* **Your task**:
Give back only the lines in the records below from the one with "of a level." to the one with "n ++ replicate", both inclusive, word for word.

* **Source records**:
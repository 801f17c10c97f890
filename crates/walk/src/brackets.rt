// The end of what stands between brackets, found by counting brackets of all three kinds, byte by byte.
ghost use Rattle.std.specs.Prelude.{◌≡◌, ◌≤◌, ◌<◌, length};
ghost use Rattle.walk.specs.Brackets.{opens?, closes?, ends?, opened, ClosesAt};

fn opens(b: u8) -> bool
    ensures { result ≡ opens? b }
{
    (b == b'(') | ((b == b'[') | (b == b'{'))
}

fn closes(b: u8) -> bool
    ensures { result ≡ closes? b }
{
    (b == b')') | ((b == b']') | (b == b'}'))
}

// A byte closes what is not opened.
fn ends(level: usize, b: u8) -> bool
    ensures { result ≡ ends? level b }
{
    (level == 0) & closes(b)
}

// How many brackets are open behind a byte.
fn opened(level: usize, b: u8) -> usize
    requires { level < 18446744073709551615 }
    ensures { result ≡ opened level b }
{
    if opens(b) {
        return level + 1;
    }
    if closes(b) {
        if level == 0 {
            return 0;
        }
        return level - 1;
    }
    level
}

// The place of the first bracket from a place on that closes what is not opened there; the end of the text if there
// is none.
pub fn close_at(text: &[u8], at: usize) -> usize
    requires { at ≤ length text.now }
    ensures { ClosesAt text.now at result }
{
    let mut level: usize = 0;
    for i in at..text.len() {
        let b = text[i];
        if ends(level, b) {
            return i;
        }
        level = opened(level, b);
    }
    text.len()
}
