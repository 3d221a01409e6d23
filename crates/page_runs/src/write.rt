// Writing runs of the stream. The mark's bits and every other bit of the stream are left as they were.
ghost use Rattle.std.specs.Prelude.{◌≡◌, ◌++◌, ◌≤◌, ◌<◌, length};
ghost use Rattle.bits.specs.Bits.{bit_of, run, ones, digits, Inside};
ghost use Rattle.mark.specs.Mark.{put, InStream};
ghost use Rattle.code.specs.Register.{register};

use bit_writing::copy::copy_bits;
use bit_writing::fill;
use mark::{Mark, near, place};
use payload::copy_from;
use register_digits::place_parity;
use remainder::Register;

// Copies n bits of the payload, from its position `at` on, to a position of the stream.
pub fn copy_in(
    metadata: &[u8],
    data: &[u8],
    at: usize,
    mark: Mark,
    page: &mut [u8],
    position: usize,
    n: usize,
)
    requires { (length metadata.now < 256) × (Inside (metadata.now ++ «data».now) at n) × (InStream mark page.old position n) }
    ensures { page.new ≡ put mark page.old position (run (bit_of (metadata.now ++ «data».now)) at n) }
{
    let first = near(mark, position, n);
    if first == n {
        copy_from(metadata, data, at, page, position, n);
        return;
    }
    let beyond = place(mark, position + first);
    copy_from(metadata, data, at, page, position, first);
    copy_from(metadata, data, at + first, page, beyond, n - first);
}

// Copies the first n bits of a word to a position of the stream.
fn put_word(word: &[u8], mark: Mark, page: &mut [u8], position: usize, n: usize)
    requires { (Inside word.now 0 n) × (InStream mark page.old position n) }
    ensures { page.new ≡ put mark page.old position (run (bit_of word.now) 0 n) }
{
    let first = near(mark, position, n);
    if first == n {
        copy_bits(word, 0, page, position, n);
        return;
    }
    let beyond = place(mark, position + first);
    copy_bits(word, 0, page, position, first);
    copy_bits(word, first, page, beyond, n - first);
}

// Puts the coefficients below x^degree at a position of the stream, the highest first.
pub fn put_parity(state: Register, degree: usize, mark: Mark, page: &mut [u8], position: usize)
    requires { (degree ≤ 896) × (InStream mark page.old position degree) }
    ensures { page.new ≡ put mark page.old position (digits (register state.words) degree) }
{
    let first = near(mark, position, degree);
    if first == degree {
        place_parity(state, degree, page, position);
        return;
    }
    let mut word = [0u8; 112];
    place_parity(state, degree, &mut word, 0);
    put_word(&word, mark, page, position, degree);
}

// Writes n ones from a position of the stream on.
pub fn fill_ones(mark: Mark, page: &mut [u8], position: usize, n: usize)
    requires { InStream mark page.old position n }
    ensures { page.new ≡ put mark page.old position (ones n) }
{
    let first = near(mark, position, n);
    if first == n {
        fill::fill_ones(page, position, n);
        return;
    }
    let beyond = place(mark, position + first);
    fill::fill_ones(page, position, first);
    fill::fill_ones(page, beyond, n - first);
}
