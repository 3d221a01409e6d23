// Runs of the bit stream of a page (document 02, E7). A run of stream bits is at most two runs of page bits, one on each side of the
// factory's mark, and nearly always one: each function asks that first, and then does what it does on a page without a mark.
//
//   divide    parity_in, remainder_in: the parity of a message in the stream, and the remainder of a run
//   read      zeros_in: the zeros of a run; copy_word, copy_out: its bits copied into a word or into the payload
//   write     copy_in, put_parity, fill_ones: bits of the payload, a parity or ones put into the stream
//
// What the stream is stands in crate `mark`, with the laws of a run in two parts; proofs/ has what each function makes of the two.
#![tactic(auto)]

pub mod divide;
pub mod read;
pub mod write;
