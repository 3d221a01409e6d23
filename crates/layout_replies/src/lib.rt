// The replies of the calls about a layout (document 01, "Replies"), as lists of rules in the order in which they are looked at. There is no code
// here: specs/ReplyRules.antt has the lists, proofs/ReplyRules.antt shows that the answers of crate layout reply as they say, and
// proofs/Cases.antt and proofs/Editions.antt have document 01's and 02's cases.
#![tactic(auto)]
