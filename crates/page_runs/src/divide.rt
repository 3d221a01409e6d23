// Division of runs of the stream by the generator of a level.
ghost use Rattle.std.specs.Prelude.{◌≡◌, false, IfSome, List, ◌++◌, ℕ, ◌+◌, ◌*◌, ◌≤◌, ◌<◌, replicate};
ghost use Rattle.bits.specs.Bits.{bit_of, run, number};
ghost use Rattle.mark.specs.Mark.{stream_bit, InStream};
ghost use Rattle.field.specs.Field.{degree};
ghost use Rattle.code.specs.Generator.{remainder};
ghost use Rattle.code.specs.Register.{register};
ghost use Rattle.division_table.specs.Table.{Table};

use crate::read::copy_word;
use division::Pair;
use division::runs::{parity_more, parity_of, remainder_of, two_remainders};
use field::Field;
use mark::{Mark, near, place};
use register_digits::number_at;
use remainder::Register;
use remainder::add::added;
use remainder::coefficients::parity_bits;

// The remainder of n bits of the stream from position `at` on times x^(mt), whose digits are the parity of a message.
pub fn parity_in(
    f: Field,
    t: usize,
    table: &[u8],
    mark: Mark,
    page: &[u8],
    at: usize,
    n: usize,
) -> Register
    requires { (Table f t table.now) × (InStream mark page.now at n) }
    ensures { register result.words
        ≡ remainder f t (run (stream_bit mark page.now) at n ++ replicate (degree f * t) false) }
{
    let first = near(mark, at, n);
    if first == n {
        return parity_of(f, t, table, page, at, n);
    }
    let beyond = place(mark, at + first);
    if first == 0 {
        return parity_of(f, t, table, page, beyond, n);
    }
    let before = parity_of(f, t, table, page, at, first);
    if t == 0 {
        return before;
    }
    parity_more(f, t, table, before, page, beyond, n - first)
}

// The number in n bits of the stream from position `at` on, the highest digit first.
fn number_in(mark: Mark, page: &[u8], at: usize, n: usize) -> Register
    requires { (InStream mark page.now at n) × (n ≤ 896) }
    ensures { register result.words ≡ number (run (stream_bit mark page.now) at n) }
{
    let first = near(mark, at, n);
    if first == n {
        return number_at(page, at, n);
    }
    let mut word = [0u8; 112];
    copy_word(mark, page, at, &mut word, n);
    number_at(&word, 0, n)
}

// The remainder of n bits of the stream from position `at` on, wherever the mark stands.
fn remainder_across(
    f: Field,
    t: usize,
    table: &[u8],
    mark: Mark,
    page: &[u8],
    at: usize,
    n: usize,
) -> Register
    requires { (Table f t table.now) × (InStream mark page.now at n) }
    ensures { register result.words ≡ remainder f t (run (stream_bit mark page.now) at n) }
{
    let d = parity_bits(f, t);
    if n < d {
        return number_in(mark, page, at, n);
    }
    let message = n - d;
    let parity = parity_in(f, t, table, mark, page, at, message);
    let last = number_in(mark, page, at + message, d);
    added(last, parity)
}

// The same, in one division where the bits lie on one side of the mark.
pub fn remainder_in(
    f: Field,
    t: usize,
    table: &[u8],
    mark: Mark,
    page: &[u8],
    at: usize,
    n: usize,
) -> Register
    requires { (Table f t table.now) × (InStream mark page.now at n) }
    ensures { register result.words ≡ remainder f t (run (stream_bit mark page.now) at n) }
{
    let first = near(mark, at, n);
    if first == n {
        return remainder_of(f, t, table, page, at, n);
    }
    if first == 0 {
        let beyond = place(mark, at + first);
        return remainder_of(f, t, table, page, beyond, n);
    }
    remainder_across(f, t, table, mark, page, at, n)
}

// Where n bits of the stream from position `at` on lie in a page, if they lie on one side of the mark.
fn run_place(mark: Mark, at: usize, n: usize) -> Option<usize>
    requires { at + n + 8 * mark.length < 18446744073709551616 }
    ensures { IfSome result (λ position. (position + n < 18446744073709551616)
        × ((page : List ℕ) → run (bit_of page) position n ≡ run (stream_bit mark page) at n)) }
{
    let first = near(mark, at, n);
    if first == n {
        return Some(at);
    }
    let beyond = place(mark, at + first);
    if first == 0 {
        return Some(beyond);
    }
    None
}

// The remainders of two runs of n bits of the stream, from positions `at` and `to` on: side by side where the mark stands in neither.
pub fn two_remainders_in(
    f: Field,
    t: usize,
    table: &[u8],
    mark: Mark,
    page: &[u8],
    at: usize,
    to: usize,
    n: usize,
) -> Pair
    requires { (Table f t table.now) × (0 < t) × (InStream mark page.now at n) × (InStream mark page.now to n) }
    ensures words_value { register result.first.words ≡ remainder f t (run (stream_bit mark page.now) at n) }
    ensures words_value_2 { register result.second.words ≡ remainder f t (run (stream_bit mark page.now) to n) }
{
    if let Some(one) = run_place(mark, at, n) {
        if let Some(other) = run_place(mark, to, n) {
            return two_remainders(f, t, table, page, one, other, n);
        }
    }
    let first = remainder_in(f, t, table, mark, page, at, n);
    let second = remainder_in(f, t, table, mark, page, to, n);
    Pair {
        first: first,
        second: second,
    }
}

* **Task response**:
// Division of runs of the stream by the generator of a level.
ghost use Rattle.std.specs.Prelude.{◌≡◌, false, IfSome, List, ◌++◌, ℕ, ◌+◌, ◌*◌, ◌≤◌, ◌<◌, replicate};
ghost use Rattle.bits.specs.Bits.{bit_of, run, number};
ghost use Rattle.mark.specs.Mark.{stream_bit, InStream};
ghost use Rattle.field.specs.Field.{degree};
ghost use Rattle.code.specs.Generator.{remainder};
ghost use Rattle.code.specs.Register.{register};
ghost use Rattle.division_table.specs.Table.{Table};

use crate::read::copy_word;
use division::Pair;
use division::runs::{parity_more, parity_of, remainder_of, two_remainders};
use field::Field;
use mark::{Mark, near, place};
use register_digits::number_at;
use remainder::Register;
use remainder::add::added;
use remainder::coefficients::parity_bits;

// The remainder of n bits of the stream from position `at` on times x^(mt), whose digits are the parity of a message.
pub fn parity_in(
    f: Field,
    t: usize,
    table: &[u8],
    mark: Mark,
    page: &[u8],
    at: usize,
    n: usize,
) -> Register
    requires { (Table f t table.now) × (InStream mark page.now at n) }
    ensures { register result.words
        ≡ remainder f t (run (stream_bit mark page.now) at n ++ replicate (degree f * t) false) }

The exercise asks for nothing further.